— Task —
Every line from the first in the listing below to the line containing "paths.sort()?;" is to be repeated exactly, and no line past it.

— Data listing —
━━━━━━━━━━━━━━━━━━━━

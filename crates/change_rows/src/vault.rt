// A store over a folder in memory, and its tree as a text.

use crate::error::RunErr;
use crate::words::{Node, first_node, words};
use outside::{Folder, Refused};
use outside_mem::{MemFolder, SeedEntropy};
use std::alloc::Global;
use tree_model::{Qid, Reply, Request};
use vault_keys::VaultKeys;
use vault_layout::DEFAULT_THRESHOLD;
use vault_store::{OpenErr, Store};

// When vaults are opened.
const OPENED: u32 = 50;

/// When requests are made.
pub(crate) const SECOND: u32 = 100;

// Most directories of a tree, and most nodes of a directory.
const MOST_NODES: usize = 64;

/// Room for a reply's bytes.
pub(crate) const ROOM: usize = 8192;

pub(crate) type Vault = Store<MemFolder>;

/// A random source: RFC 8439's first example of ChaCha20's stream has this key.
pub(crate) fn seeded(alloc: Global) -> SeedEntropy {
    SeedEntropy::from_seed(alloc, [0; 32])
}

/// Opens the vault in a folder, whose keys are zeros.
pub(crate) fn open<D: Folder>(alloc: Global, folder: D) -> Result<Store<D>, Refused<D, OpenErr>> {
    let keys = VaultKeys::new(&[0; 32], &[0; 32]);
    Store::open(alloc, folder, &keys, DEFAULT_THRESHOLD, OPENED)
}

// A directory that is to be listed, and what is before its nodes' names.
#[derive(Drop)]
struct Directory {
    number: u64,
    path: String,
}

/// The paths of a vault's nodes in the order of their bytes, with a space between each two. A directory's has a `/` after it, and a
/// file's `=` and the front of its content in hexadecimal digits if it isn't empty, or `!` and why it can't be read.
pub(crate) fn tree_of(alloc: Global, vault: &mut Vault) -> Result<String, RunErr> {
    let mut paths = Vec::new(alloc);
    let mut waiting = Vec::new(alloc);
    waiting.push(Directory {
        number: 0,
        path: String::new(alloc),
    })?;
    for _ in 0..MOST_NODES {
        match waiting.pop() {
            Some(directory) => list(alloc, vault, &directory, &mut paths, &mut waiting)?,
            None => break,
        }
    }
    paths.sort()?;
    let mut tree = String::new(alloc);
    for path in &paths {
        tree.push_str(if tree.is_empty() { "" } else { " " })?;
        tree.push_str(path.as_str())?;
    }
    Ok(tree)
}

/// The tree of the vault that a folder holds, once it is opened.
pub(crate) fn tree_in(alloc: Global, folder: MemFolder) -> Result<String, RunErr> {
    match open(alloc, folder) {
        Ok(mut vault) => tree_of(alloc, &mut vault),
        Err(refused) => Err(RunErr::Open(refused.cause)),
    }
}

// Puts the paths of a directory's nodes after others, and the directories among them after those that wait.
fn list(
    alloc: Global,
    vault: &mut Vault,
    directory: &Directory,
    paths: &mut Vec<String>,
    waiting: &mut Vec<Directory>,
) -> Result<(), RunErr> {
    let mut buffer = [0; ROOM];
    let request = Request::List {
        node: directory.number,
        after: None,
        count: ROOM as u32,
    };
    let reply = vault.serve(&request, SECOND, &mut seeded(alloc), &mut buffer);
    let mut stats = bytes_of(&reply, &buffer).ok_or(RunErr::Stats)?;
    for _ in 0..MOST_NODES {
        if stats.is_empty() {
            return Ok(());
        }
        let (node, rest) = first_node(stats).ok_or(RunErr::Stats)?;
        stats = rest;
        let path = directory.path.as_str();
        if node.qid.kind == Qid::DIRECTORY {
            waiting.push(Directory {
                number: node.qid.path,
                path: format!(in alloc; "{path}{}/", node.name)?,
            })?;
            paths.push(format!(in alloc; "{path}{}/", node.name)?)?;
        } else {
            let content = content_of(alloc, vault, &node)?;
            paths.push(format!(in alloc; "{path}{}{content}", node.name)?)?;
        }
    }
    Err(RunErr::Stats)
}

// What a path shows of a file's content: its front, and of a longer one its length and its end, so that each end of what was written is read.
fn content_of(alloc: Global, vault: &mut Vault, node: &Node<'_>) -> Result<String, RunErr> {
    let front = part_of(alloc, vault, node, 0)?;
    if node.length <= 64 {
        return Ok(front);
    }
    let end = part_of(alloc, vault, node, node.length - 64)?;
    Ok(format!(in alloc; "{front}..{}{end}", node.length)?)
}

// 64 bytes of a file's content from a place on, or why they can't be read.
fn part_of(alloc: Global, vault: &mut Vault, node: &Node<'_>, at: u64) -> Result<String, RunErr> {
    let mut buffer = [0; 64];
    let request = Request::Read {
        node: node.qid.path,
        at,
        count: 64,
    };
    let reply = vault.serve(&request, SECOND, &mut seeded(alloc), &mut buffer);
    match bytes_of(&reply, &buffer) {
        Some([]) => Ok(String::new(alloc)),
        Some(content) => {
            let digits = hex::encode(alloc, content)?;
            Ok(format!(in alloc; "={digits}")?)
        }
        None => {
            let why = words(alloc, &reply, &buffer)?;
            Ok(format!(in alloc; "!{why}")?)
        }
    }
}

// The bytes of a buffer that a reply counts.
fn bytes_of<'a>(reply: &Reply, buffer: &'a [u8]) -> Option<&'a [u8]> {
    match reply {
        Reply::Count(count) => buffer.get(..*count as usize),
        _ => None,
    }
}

━━━━━━━━━━━━━━━━━━━━

— Task output —
filename crates/change_rows/src/vault.rt
// A store over a folder in memory, and its tree as a text.

use crate::error::RunErr;
use crate::words::{Node, first_node, words};
use outside::{Folder, Refused};
use outside_mem::{MemFolder, SeedEntropy};
use std::alloc::Global;
use tree_model::{Qid, Reply, Request};
use vault_keys::VaultKeys;
use vault_layout::DEFAULT_THRESHOLD;
use vault_store::{OpenErr, Store};

// When vaults are opened.
const OPENED: u32 = 50;

/// When requests are made.
pub(crate) const SECOND: u32 = 100;

// Most directories of a tree, and most nodes of a directory.
const MOST_NODES: usize = 64;

/// Room for a reply's bytes.
pub(crate) const ROOM: usize = 8192;

pub(crate) type Vault = Store<MemFolder>;

/// A random source: RFC 8439's first example of ChaCha20's stream has this key.
pub(crate) fn seeded(alloc: Global) -> SeedEntropy {
    SeedEntropy::from_seed(alloc, [0; 32])
}

/// Opens the vault in a folder, whose keys are zeros.
pub(crate) fn open<D: Folder>(alloc: Global, folder: D) -> Result<Store<D>, Refused<D, OpenErr>> {
    let keys = VaultKeys::new(&[0; 32], &[0; 32]);
    Store::open(alloc, folder, &keys, DEFAULT_THRESHOLD, OPENED)
}

// A directory that is to be listed, and what is before its nodes' names.
#[derive(Drop)]
struct Directory {
    number: u64,
    path: String,
}

/// The paths of a vault's nodes in the order of their bytes, with a space between each two. A directory's has a `/` after it, and a
/// file's `=` and the front of its content in hexadecimal digits if it isn't empty, or `!` and why it can't be read.
pub(crate) fn tree_of(alloc: Global, vault: &mut Vault) -> Result<String, RunErr> {
    let mut paths = Vec::new(alloc);
    let mut waiting = Vec::new(alloc);
    waiting.push(Directory {
        number: 0,
        path: String::new(alloc),
    })?;
    for _ in 0..MOST_NODES {
        match waiting.pop() {
            Some(directory) => list(alloc, vault, &directory, &mut paths, &mut waiting)?,
            None => break,
        }
    }
    paths.sort()?;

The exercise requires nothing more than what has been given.